| ACTION ITEM |
Repeat every entry below exactly as given.

(Stored data)
┄┄┄┄┄┄

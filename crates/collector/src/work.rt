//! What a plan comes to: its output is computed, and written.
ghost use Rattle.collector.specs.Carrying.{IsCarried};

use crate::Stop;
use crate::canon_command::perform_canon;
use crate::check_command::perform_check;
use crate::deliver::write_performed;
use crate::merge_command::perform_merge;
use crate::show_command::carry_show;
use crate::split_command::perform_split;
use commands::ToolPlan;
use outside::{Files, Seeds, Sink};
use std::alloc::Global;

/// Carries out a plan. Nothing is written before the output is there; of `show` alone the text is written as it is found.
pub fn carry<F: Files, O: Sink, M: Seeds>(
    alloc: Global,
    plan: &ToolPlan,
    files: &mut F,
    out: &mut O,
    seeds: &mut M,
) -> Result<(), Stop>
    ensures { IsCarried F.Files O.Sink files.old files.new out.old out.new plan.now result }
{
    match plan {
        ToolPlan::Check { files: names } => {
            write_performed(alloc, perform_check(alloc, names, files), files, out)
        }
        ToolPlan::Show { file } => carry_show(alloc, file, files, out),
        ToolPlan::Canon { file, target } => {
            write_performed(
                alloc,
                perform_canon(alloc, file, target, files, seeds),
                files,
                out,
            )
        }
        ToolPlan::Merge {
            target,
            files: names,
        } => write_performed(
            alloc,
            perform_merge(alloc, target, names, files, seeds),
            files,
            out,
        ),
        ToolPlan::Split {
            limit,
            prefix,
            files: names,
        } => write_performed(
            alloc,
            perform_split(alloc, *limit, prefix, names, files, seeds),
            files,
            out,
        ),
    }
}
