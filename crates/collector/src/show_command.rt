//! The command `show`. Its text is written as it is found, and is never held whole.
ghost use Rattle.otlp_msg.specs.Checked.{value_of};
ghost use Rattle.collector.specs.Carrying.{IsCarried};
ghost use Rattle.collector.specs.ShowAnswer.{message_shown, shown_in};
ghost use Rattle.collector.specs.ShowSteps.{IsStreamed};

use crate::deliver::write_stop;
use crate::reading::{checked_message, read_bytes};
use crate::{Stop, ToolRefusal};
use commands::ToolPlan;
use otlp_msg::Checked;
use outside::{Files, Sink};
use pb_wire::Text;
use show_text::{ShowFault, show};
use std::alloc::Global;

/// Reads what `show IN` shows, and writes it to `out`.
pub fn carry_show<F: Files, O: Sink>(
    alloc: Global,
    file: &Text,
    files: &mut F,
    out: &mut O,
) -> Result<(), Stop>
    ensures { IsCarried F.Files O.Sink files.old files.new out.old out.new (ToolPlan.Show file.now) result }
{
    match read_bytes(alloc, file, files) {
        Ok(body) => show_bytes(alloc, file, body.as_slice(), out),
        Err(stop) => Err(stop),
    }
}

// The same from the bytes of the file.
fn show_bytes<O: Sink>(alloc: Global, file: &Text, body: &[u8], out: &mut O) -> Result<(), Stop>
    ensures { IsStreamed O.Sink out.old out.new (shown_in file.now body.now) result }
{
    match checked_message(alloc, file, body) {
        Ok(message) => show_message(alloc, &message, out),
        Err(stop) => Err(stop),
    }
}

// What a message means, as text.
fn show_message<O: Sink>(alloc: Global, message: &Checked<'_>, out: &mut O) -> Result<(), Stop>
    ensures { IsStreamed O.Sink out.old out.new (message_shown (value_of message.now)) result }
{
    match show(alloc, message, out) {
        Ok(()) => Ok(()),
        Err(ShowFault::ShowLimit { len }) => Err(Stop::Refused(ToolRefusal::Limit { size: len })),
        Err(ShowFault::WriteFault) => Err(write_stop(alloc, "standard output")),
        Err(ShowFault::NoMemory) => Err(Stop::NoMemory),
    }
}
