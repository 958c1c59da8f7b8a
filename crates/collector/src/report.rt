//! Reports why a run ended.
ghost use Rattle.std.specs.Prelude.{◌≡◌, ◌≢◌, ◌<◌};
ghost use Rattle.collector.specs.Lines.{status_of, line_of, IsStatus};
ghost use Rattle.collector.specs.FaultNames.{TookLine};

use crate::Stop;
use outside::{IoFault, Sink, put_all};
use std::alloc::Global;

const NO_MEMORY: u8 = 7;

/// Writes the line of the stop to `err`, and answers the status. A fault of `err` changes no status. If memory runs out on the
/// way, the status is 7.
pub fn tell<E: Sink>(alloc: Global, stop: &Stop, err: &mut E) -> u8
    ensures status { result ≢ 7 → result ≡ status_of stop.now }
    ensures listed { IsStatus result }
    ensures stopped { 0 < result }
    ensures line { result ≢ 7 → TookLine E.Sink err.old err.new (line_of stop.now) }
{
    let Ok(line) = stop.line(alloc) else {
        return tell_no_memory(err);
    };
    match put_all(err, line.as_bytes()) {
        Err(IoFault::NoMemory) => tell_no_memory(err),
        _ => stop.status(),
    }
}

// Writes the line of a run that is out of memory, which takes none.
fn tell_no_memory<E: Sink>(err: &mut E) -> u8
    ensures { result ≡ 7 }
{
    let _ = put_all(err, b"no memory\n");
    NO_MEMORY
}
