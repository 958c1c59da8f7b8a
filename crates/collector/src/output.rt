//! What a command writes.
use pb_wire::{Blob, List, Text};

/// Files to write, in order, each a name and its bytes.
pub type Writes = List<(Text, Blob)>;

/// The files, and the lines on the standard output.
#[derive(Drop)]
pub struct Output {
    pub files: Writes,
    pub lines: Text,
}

┄┄┄┄┄┄

| YOUR SOLUTION |
filename crates/collector/src/work.rt
//! What a plan comes to: its output is computed, and written.
ghost use Rattle.collector.specs.Carrying.{IsCarried};

use crate::Stop;
use crate::canon_command::perform_canon;
use crate::check_command::perform_check;
use crate::deliver::write_performed;
use crate::merge_command::perform_merge;
use crate::show_command::carry_show;
use crate::split_command::perform_split;
use commands::ToolPlan;
use outside::{Files, Seeds, Sink};
use std::alloc::Global;

/// Carries out a plan. Nothing is written before the output is there; of `show` alone the text is written as it is found.
pub fn carry<F: Files, O: Sink, M: Seeds>(
    alloc: Global,
    plan: &ToolPlan,
    files: &mut F,
    out: &mut O,
    seeds: &mut M,
) -> Result<(), Stop>
    ensures { IsCarried F.Files O.Sink files.old files.new out.old out.new plan.now result }
{
    match plan {
        ToolPlan::Check { files: names } => {
            write_performed(alloc, perform_check(alloc, names, files), files, out)
        }
        ToolPlan::Show { file } => carry_show(alloc, file, files, out),
        ToolPlan::Canon { file, target } => {
            write_performed(
                alloc,
                perform_canon(alloc, file, target, files, seeds),
                files,
                out,
            )
        }
        ToolPlan::Merge {
            target,
            files: names,
        } => write_performed(
            alloc,
            perform_merge(alloc, target, names, files, seeds),
            files,
            out,
        ),
        ToolPlan::Split {
            limit,
            prefix,
            files: names,
        } => write_performed(
            alloc,
            perform_split(alloc, *limit, prefix, names, files, seeds),
            files,
            out,
        ),
    }
}
filename crates/collector/src/show_command.rt
//! The command `show`. Its text is written as it is found, and is never held whole.
ghost use Rattle.otlp_msg.specs.Checked.{value_of};
ghost use Rattle.collector.specs.Carrying.{IsCarried};
ghost use Rattle.collector.specs.ShowAnswer.{message_shown, shown_in};
ghost use Rattle.collector.specs.ShowSteps.{IsStreamed};

use crate::deliver::write_stop;
use crate::reading::{checked_message, read_bytes};
use crate::{Stop, ToolRefusal};
use commands::ToolPlan;
use otlp_msg::Checked;
use outside::{Files, Sink};
use pb_wire::Text;
use show_text::{ShowFault, show};
use std::alloc::Global;

/// Reads what `show IN` shows, and writes it to `out`.
pub fn carry_show<F: Files, O: Sink>(
    alloc: Global,
    file: &Text,
    files: &mut F,
    out: &mut O,
) -> Result<(), Stop>
    ensures { IsCarried F.Files O.Sink files.old files.new out.old out.new (ToolPlan.Show file.now) result }
{
    match read_bytes(alloc, file, files) {
        Ok(body) => show_bytes(alloc, file, body.as_slice(), out),
        Err(stop) => Err(stop),
    }
}

// The same from the bytes of the file.
fn show_bytes<O: Sink>(alloc: Global, file: &Text, body: &[u8], out: &mut O) -> Result<(), Stop>
    ensures { IsStreamed O.Sink out.old out.new (shown_in file.now body.now) result }
{
    match checked_message(alloc, file, body) {
        Ok(message) => show_message(alloc, &message, out),
        Err(stop) => Err(stop),
    }
}

// What a message means, as text.
fn show_message<O: Sink>(alloc: Global, message: &Checked<'_>, out: &mut O) -> Result<(), Stop>
    ensures { IsStreamed O.Sink out.old out.new (message_shown (value_of message.now)) result }
{
    match show(alloc, message, out) {
        Ok(()) => Ok(()),
        Err(ShowFault::ShowLimit { len }) => Err(Stop::Refused(ToolRefusal::Limit { size: len })),
        Err(ShowFault::WriteFault) => Err(write_stop(alloc, "standard output")),
        Err(ShowFault::NoMemory) => Err(Stop::NoMemory),
    }
}
repository 958c1c59da8f7b8a
filename crates/collector/src/report.rt
//! Reports why a run ended.
ghost use Rattle.std.specs.Prelude.{◌≡◌, ◌≢◌, ◌<◌};
ghost use Rattle.collector.specs.Lines.{status_of, line_of, IsStatus};
ghost use Rattle.collector.specs.FaultNames.{TookLine};

use crate::Stop;
use outside::{IoFault, Sink, put_all};
use std::alloc::Global;

const NO_MEMORY: u8 = 7;

/// Writes the line of the stop to `err`, and answers the status. A fault of `err` changes no status. If memory runs out on the
/// way, the status is 7.
pub fn tell<E: Sink>(alloc: Global, stop: &Stop, err: &mut E) -> u8
    ensures status { result ≢ 7 → result ≡ status_of stop.now }
    ensures listed { IsStatus result }
    ensures stopped { 0 < result }
    ensures line { result ≢ 7 → TookLine E.Sink err.old err.new (line_of stop.now) }
{
    let Ok(line) = stop.line(alloc) else {
        return tell_no_memory(err);
    };
    match put_all(err, line.as_bytes()) {
        Err(IoFault::NoMemory) => tell_no_memory(err),
        _ => stop.status(),
    }
}

// Writes the line of a run that is out of memory, which takes none.
fn tell_no_memory<E: Sink>(err: &mut E) -> u8
    ensures { result ≡ 7 }
{
    let _ = put_all(err, b"no memory\n");
    NO_MEMORY
}
repository 958c1c59da8f7b8a
filename crates/collector/src/output.rt
//! What a command writes.
use pb_wire::{Blob, List, Text};

/// Files to write, in order, each a name and its bytes.
pub type Writes = List<(Text, Blob)>;

/// The files, and the lines on the standard output.
#[derive(Drop)]
pub struct Output {
    pub files: Writes,
    pub lines: Text,
}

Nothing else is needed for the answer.